The show probably would have gone five seasons if it had begun production around the time of Rogue One (the story upon whose back it serves as a prequel). Between the COVID shutdown, industry strikes, and a bursting streaming bubble, however, we should be grateful we even received two. Gilroy makes it work by devoting this latest run of twelve episodes into four equal chapters spanning a truncated period of real-ish-time events labeled by their year in relation to A New Hope: BBY 4 (Before the Battle of Yavin) through BBY 1.
First come the effects of the previous season via a three-pronged narrative showing Senator Mon Mothma (Genevieve O'Reilly) sending her daughter into marriage, Cass trying to survive the end of a mission to steal an Imperial spacecraft, and Bix (Adria Arjona) hoping to evade an Empire audit in the fields where she, Wil, and Brasso (Joplin Sibtain) work as undocumented laborers. Next are the consequences of an expanding rebellion causing there to be too many plates spinning at once for both Luthan and Dedra Meero (Denise Gough), their inevitable collision course coming into greater focus while Cass questions his desire to keep pressing his luck by sacrificing his life for the cause.
BBY 2 is the coup de grâce culminating in two of the best episodes of television this century courtesy of "Who Are You?" and "Welcome to the Rebellion". The former is named after a line channeling the "Mad Men" meme exchange between Don Draper and Michael Ginsberg with all the withering heat of "I don't think about you at all" as well as the revelation that, despite his many attempts at the contrary, Syril Karn (Kyle Soller) is nothing more than a cog in the machine. Its epic faux "first strike" turning into massacre (the parallels to Stephen Miller fabricating a reason to put federal law enforcement on the ground in Los Angeles right now are uncanny) leads to a powerful, galvanizing moment for the rebellion that can only be rivaled by Mon and Senator Organa's (now played by Benjamin Bratt) sacrifices within a tense exfiltration during the latter episode.
And the final block serves as the connective tissue to Rogue One—a beautifully orchestrated last hurrah for those who don't make it into that film and a rousing ramp up to the drama ahead for those who do. Yes, even K-2SO (Alan Tudyk). I'll admit to being worried that it didn't seem like there would be enough time to do it justice considering all that occurred during BBY 2, but the cast and crew get it done with elegant precision and high-octane suspense courtesy of both Kleya Marki (Elizabeth Dulau) and Cass knowing what is at stake once they realize they might have finally compressed the information gap separating their efforts from those of Director Krennic (Ben Mendelsohn).

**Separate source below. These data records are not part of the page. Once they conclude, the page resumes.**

// A pad at (x, y), led to the height of a port: heights so small that their sums and differences fit.
ghost use Rattle.std.specs.Prelude.{◌<◌};
ghost use Rattle.std.specs.Int.Signed.{mag};

#[derive(Clone, Copy)]
pub struct Leader {
    pub x: u32,
    pub y: i64,
    pub port: i64,
    ghost small: { (mag y < 2147483648) × (mag port < 2147483648) },
}
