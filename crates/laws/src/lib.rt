// No code: what is proved about the definitions, which stand in crate format.

#![tactic(auto)]
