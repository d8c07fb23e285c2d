// Steps and walks in sound parts, for layers above that have tested soundness once: each function asks for sound parts and
// refuses nothing.
ghost use Rattle.std.specs.Prelude.{◌≡◌, true, cond, ◌+◌, ◌≤◌, ◌<◌, leb, length, get_or, replicate};
ghost use Rattle.refusal.specs.Sizes.{no_id};
ghost use Rattle.trie.specs.Trie.{parts, seek, step, walk, id_at, id_of};
ghost use Rattle.trie.specs.Sound.{rises, sound};
ghost use Rattle.trie.specs.Walks.{Stands, next_of, marked, Leads};
ghost use Rattle.refusal.specs.Lent.{was};

use crate::Parts;
use refusal::NO_ID;

// A position in the trie: the node that the bytes so far lead to.
#[derive(Clone, Copy)]
pub struct Walk {
    pub node: u32,
}

// `part` where x is at most b, else 0. By a number and not a branch: the next byte of a text can't be foretold, and a wrong
// guess costs more than the rest of a turn.
fn passed(part: usize, x: u8, b: u8) -> usize
    ensures { (result ≡ cond (leb x b) part 0) × (result ≤ part) }
{
    part * ((256 + b as usize - x as usize) / 256)
}

// The target of the byte b among the n edges from `at` on, which are three at most. A loop over three places is compiled to
// three tests; over n places it stays a loop, and a walk over single edges took a twentieth more instructions.
#[tactic(auto, using(crate::proofs::Seeking::one_by_one))]
fn seek_few(byte: &[u8], to: &[u32], at: usize, n: usize, b: u8) -> Option<Walk>
    requires { (n ≤ 3) × (at + n ≤ length byte.now) × (at + n ≤ length to.now) }
    ensures { next_of result ≡ seek (was byte) (was to) b at n }
{
    for k in 0..3 {
        if n <= k {
            return None;
        }
        if byte[at + k] == b {
            return Some(Walk { node: to[at + k] });
        }
    }
    None
}

// The target of the byte b among the n edges from `at` on. Their bytes rise, so each turn leaves out three quarters of those
// that are left: 4 turns for 256 edges. Its three reads don't wait for each other. A `while`, since it narrows what is left and
// doesn't count.
fn seek(byte: &[u8], to: &[u32], at: usize, n: usize, b: u8) -> Option<Walk>
    requires { (at + n ≤ length byte.now) × (at + n ≤ length to.now) × (rises byte.now at n ≡ true) }
    ensures { next_of result ≡ seek (was byte) (was to) b at n }
{
    let mut low = at;
    let mut left = n;
    while 3 < left {
        let part = left / 4;
        let one = passed(part, byte[low + part], b);
        let two = passed(part, byte[low + 2 * part], b);
        let three = passed(part, byte[low + 3 * part], b);
        low += one + two + three;
        left -= 3 * part;
    }
    seek_few(byte, to, low, left, b)
}

// A node or an id, or none where the mark stands.
fn marked(x: u32) -> Option<u32>
    ensures { result ≡ marked x }
{
    if x == NO_ID { None } else { Some(x) }
}

// Makes the table of where each byte leads from the root, from marks alone. It goes from the last edge to the first: were there
// two with one byte, a search would find the first, and so would the table.
pub fn fill_first(t: &Parts, first: &mut [u32])
    requires { Stands (parts t.now) 0 × (first.old ≡ replicate 256 no_id) }
    ensures { Leads (parts t.now) first.new }
{
    let at = t.edge_at[0] as usize;
    let n = t.edge_n[0] as usize;
    for i in (0..n).rev() {
        first[t.byte[at + i] as usize] = t.to[at + i];
    }
}

impl Walk {
    // "Node 0 is the root."
    pub fn root() -> Walk
        ensures { result.node ≡ 0 }
    {
        Walk { node: 0 }
    }

    // Where the byte b leads from here, in parts with any ids.
    #[tactic(auto, unfolding(crate::specs::Trie::step))]
    pub fn step(self, t: &Parts, b: u8) -> Option<Walk>
        requires { Stands (parts t.now) self.node }
        ensures { next_of result ≡ step (parts t.now) self.node b }
    {
        let node = self.node as usize;
        seek(
            t.byte,
            t.to,
            t.edge_at[node] as usize,
            t.edge_n[node] as usize,
            b,
        )
    }

    // The same, with a table of where each byte leads from the root, in which no edge is looked for.
    pub fn step_by(self, t: &Parts, first: &[u32], b: u8) -> Option<Walk>
        requires stands { Stands (parts t.now) self.node }
        requires leads { Leads (parts t.now) first.now }
        ensures { next_of result ≡ step (parts t.now) self.node b }
    {
        if self.node == 0 {
            let node = marked(first[b as usize])?;
            return Some(Walk { node });
        }
        self.step(t, b)
    }

    // Where the bytes of s lead from here.
    pub fn over(self, t: &Parts, s: &[u8]) -> Option<Walk>
        requires { Stands (parts t.now) self.node }
        ensures { next_of result ≡ walk (parts t.now) self.node (was s) }
    {
        let mut here = self;
        for b in s {
            here = here.step(t, *b)?;
        }
        Some(here)
    }
}

// The id of the node of a position, in parts with any edges.
pub fn id_at(t: &Parts, at: Walk) -> Option<u32>
    requires { at.node < length t.now.id.now }
    ensures { result ≡ id_at (parts t.now) at.node }
{
    marked(t.id[at.node as usize])
}

// The id of the string s, if it has one.
pub fn exact(t: &Parts, s: &[u8]) -> Option<u32>
    requires { sound (parts t.now) ≡ true }
    ensures { result ≡ id_of (parts t.now) (was s) }
{
    id_at(t, Walk::root().over(t, s)?)
}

Their ability to advance so much plot in so little time with these densely packed trios only works by giving audiences the respect they deserve as far as knowing we understand the connections without needing them spelled out (sorry, Netflix, not everyone wants "second screen" content with dialogue meant to keep us informed so we don't actually need to watch anything). It's a testament to their love for these characters and their handle on the politics of both sides of a civil conflict caused by fascistic oppression (heck, we do too considering all that's happening on American soil and beyond today). That they do so while also finding time to focus on smaller representations of that scenario (namely Kathryn Hunter's unforgettable, totalitarian mother) is our gain on an entertainment and educational level considering sympathizers must never be let off the hook.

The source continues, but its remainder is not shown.